> [TASK TO CARRY OUT] Every line below that contains the word "false" must be copied.
= Beginning of Section =
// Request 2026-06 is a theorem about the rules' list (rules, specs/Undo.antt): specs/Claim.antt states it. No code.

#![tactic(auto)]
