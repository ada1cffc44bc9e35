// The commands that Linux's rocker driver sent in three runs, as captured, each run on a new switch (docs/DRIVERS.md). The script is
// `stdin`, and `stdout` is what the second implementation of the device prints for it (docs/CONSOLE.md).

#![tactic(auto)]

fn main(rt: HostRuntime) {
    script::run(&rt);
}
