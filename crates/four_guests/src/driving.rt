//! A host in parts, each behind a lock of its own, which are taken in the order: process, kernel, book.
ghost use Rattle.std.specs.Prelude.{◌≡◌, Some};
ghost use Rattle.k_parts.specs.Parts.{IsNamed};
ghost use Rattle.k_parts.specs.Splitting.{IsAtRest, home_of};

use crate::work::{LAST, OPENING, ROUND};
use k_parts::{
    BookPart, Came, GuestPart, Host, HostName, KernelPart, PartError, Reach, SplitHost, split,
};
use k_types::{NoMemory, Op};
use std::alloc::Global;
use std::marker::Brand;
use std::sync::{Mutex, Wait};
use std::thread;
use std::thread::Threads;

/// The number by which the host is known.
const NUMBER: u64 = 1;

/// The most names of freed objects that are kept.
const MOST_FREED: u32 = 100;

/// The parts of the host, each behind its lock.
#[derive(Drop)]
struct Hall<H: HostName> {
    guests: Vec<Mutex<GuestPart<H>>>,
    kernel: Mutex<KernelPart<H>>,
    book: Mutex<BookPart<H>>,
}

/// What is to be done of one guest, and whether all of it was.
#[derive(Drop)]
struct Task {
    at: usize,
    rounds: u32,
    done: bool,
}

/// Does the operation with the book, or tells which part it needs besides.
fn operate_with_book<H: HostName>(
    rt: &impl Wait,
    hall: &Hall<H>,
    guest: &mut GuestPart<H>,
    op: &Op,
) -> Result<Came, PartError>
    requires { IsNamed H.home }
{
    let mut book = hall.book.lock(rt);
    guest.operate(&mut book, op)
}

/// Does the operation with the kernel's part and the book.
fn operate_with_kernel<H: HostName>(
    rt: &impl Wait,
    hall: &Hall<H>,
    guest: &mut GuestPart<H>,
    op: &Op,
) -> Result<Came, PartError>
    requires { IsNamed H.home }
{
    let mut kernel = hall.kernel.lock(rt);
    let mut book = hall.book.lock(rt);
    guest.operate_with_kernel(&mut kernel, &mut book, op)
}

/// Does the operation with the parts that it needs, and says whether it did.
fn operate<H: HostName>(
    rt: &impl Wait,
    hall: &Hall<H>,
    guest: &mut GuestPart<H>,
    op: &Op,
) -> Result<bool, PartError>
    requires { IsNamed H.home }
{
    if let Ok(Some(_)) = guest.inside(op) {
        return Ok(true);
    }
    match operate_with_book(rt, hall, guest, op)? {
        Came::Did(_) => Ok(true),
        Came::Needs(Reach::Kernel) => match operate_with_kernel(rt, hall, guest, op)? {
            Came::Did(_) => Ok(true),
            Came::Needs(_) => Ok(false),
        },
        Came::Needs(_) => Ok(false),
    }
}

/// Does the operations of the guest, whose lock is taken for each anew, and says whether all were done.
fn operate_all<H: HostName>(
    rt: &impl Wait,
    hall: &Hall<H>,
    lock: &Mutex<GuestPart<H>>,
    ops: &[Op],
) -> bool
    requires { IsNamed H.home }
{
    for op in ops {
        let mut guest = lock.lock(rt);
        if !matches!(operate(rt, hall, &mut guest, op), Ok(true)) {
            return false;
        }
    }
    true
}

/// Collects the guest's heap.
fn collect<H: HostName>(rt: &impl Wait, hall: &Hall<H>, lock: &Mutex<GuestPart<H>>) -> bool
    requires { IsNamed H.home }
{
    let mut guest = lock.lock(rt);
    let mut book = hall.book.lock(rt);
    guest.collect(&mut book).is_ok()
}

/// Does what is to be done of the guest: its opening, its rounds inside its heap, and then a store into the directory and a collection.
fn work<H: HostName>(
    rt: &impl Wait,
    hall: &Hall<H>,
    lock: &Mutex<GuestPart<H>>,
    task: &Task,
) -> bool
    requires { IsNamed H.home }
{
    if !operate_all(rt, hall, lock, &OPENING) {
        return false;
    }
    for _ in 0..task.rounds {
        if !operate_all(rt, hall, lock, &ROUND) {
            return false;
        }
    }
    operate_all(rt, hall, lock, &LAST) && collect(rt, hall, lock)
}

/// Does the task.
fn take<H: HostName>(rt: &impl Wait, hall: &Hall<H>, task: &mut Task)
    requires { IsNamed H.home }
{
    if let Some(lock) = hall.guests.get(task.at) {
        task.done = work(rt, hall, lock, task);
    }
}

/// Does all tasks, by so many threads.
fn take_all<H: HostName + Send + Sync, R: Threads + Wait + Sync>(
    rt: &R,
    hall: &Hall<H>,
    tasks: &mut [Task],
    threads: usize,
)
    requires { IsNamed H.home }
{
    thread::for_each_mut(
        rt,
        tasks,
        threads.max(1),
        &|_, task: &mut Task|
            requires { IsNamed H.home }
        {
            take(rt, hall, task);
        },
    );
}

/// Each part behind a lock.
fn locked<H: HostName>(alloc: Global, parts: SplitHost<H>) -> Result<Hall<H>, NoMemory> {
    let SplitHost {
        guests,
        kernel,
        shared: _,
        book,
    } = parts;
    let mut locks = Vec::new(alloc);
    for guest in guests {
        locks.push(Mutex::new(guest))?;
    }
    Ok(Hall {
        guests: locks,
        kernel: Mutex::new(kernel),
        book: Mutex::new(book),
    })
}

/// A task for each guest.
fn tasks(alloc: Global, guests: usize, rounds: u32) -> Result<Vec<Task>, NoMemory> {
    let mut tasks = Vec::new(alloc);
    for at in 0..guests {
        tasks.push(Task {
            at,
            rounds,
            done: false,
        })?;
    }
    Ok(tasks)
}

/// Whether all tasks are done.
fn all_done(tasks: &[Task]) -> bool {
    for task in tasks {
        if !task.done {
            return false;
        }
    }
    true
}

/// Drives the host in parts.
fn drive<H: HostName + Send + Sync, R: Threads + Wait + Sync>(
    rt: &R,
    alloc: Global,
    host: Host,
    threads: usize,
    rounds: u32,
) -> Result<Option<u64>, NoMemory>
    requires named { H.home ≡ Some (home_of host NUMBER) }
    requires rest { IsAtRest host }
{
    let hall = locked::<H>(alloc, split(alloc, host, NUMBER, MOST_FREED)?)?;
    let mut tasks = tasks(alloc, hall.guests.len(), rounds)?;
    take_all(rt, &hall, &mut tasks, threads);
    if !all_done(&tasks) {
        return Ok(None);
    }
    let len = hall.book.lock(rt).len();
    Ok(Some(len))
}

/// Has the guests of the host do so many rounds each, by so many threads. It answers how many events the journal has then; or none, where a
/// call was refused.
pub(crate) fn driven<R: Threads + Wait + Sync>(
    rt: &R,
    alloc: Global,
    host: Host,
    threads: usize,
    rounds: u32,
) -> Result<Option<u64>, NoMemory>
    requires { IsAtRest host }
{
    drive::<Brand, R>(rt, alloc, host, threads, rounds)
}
= End of Section =
> [EXERCISE ANSWER]
            Came::Needs(_) => Ok(false),
        Came::Needs(_) => Ok(false),
            return false;
        return false;
            return false;
            done: false,
            return false;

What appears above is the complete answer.